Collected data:

┄┄┄┄┄┄

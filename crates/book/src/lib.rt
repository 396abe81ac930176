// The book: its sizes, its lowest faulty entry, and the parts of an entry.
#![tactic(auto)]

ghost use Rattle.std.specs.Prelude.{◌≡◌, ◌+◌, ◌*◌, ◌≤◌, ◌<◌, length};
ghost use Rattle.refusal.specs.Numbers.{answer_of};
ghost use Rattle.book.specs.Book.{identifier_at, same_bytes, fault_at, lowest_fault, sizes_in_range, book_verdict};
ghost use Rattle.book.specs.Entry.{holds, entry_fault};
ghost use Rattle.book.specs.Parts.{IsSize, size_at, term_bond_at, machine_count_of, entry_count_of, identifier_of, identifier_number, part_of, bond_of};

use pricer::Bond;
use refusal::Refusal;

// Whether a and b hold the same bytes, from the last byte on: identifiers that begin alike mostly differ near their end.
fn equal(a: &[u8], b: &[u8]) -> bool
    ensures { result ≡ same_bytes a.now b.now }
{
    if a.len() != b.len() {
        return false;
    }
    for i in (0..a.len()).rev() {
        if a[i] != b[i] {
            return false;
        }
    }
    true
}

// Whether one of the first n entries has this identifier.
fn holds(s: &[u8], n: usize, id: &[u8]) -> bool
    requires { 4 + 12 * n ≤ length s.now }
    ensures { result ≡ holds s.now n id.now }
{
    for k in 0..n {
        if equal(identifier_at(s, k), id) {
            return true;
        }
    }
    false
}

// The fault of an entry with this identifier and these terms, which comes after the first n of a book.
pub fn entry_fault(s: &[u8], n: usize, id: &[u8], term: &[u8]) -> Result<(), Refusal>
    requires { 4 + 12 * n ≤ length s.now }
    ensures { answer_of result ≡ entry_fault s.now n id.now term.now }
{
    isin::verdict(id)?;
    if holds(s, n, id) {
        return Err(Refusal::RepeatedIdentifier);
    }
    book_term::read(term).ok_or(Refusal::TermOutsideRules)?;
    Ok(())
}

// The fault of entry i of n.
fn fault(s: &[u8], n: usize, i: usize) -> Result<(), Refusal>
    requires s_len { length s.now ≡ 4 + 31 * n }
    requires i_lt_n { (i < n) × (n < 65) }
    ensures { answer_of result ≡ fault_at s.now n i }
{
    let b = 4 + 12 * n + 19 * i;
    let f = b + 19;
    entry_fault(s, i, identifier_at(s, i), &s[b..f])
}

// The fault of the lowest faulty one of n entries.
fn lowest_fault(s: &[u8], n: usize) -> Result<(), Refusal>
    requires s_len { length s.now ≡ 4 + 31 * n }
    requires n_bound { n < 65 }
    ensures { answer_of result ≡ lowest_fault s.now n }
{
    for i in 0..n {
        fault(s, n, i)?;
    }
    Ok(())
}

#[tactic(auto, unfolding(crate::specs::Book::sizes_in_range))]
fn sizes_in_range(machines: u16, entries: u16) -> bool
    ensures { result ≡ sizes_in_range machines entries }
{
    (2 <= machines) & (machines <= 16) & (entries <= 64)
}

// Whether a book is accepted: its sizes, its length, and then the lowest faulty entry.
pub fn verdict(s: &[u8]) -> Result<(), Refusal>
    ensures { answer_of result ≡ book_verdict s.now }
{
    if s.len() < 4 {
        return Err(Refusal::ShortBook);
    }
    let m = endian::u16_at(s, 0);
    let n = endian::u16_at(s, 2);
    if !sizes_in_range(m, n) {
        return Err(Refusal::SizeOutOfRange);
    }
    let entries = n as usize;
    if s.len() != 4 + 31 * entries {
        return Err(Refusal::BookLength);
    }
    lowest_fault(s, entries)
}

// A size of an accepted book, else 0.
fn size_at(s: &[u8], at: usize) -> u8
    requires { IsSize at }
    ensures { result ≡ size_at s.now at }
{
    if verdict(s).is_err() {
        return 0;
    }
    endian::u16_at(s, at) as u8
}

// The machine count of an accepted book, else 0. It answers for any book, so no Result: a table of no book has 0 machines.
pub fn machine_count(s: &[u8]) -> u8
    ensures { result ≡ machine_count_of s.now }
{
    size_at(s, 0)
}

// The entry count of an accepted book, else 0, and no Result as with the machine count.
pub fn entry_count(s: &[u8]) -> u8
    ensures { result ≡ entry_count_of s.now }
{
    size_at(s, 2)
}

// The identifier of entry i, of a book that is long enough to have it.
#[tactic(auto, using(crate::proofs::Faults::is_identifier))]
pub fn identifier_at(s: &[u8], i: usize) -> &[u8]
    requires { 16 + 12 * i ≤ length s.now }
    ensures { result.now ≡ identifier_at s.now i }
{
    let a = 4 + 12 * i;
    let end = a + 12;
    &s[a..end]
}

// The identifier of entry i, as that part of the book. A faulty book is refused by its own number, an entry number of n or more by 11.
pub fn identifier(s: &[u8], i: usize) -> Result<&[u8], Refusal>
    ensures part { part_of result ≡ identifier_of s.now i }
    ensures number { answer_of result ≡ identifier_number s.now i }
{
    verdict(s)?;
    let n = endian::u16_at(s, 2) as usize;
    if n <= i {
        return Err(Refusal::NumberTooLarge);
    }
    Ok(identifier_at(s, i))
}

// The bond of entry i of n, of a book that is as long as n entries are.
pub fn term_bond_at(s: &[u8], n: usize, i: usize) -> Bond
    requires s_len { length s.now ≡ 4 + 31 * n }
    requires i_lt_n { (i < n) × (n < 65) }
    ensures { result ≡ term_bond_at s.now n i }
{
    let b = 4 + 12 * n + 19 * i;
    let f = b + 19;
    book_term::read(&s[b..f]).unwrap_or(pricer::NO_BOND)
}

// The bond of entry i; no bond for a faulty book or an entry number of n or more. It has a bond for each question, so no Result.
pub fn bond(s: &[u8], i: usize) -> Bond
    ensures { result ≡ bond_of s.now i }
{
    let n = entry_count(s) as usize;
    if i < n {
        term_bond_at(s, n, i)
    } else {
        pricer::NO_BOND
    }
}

┄┄┄┄┄┄

Among the lines of the records, copy out each one that contains the word "Whether".

- Problem solution
// Whether a and b hold the same bytes, from the last byte on: identifiers that begin alike mostly differ near their end.
// Whether one of the first n entries has this identifier.
// Whether a book is accepted: its sizes, its length, and then the lowest faulty entry.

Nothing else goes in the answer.